Getting value out of schemas
Schemas are useless if not used. They are worthless if you don't get value out of using them.
These are some ways they add value to your code:
- You can use them in your web app endpoint, to validate things.
- You can use them in your client code, to validate you are not sending garbage.
- You can use a fuzzer to feed data that is technically valid to your endpoint, and make sure things don't explode in interesting ways.
But here is the most value you can extract of JSON schemas:
You can discuss the contract between components in unambiguous terms and enforce the contract once it's in place.
We are devs. We discuss via branches, and comments in code review. JSON Schema turns a vague argument about documentation into a fact-based discussion of data. And we are much, much better at doing the latter than we are at doing the former. Discuss the contracts.
Since the document describing (this part of) the contract is actually used as part of the API definitions in the code, that means the document can never be left behind. Every change in the code that changes the contract is obvious and requires an explicit renegotiation. You can't break API by accident, and you can't break API and hope nobody will notice.
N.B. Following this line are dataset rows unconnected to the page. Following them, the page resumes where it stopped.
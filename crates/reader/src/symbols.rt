// What stands where a letter may: a letter, or a negated set with its members. Each is read from a place of the text on, as the letters that it stands for.
ghost use Rattle.std.specs.Prelude.{◌≡◌, List, [], ◌+◌, ◌<◌, ◌≤◌, length, drop};
ghost use Rattle.paths.specs.Expressions.{Letter};
ghost use Rattle.paths.specs.Grammar.{open_group};
ghost use Rattle.paths.specs.Descent.{first_byte, members_in, read_negated, read_atom};
ghost use Rattle.reader.specs.Code.{label_sets};
ghost use Rattle.reader.specs.Progress.{Stands, label_at, Marked, MemberAt, others_of};

// The set of all labels.
const ALL_LABELS: u32 = 67108863;

// The letters of a symbol that was read, as two sets of labels, and where it ends in the text.
#[derive(Clone, Copy)]
pub struct Letters {
    pub at: usize,
    pub forward: u32,
    pub against: u32,
}

// What is read where a symbol may stand.
#[derive(Clone, Copy)]
pub enum Symbol {
    Read(Letters),
    Missing,
}

// The byte at a place, or 0 at the end.
pub fn peek(s: &[u8], at: usize) -> u8
    ensures { result ≡ first_byte (drop at s.now) }
{
    if at < s.len() { s[at] } else { 0 }
}

// A letter or a negated set, where no group begins.
pub fn symbol_at(s: &[u8], at: usize) -> Symbol
    requires { at ≤ length s.now }
    ensures { (first_byte (drop at s.now) ≡ open_group → ⊥) → Stands s.now at (read_atom (drop at s.now)) result }
{
    if peek(s, at) == b'!' {
        return negated(s, at + 1);
    }
    let label = label_at(s, at);
    if label == 0 {
        return Symbol::Missing;
    }
    Symbol::Read(Letters {
        at: at + 1,
        forward: label,
        against: 0,
    })
}

// A letter's label as a set, or the empty set if no letter stands there.
fn label_at(s: &[u8], at: usize) -> u32
    ensures { result ≡ label_at (first_byte (drop at s.now)) }
{
    let c = peek(s, at);
    if c < b'a' {
        return 0;
    }
    if b'z' < c {
        return 0;
    }
    1 << (c - b'a')
}

// A negated set, after its !: one member, or members in parentheses, which are no group.
fn negated(s: &[u8], at: usize) -> Symbol
    requires { at ≤ length s.now }
    ensures { Stands s.now at (read_negated (drop at s.now)) result }
{
    if peek(s, at) == b'(' {
        return set(s, at + 1);
    }
    let r = member(
        s,
        Letters {
            at,
            forward: 0,
            against: 0,
        },
    );
    let Symbol::Read(q) = r else {
        return Symbol::Missing;
    };
    Symbol::Read(Letters {
        at: q.at,
        forward: others(q.forward),
        against: others(q.against),
    })
}

// The members of a set up to its ), after the (.
fn set(s: &[u8], at: usize) -> Symbol
    requires { at ≤ length s.now }
    ensures { Stands s.now at (members_in (length (drop at s.now) + 1) [] (drop at s.now)) result }
{
    let mut before = Letters {
        at,
        forward: 0,
        against: 0,
    };
    loop {
        let r = member(s, before);
        let Symbol::Read(q) = r else {
            return Symbol::Missing;
        };
        let c = peek(s, q.at);
        if c == b')' {
            return Symbol::Read(Letters {
                at: q.at + 1,
                forward: others(q.forward),
                against: others(q.against),
            });
        }
        if c != b'|' {
            return Symbol::Missing;
        }
        before = Letters {
            at: q.at + 1,
            forward: q.forward,
            against: q.against,
        };
    }
}

// The member of a set that stands after `before`, a letter or ^ and a letter, with those before it.
fn member(s: &[u8], before: Letters) -> Symbol
    requires { before.at ≤ length s.now }
    ensures { (w : List Letter) → Marked w before → MemberAt s.now before.at w result }
{
    if peek(s, before.at) == b'^' {
        let label = label_at(s, before.at + 1);
        if label == 0 {
            return Symbol::Missing;
        }
        return Symbol::Read(Letters {
            at: before.at + 2,
            forward: before.forward,
            against: before.against | label,
        });
    }
    let label = label_at(s, before.at);
    if label == 0 {
        return Symbol::Missing;
    }
    Symbol::Read(Letters {
        at: before.at + 1,
        forward: before.forward | label,
        against: before.against,
    })
}

// The labels that a negated set stands for, in a sense where its members have these.
fn others(labels: u32) -> u32
    requires { labels < label_sets }
    ensures { result ≡ others_of labels }
{
    if labels == 0 {
        return 0;
    }
    ALL_LABELS - labels
}
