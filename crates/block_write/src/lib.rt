//! Sections, blocks and declarations as they are written.
//!
//! A section's beginning and its end have calls of their own, for who has its blocks in rows. After an error a beginning of
//! what was asked for may stand at the end of the string.
#![tactic(auto)]

mod blocks;
mod declarations;
mod sections;

pub use blocks::{push_block, push_blocks};
pub use declarations::{push_sequences, push_variables};
pub use sections::{SectionTag, push_section_end, push_section_start};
Enforce the contracts.
Finally, you can version the contract. Use that along with API versioning and voilá, you know how to manage change! Version your contracts.
- Discuss your contracts
- Enforce your contracts
- Version your contracts
So now you can stop worrying and love JSON Schema as well.
Hi Roberto, thanks for the post. I have one question, it's possible nest schemas?
Yes, you can have an element in a schema that is a reference to another one, check this: https://spacetelescope.gith...
You got back to blogging often? Great!
So, what do you think of MyPy?
I am looking forward to playing with it, it seems very interesting.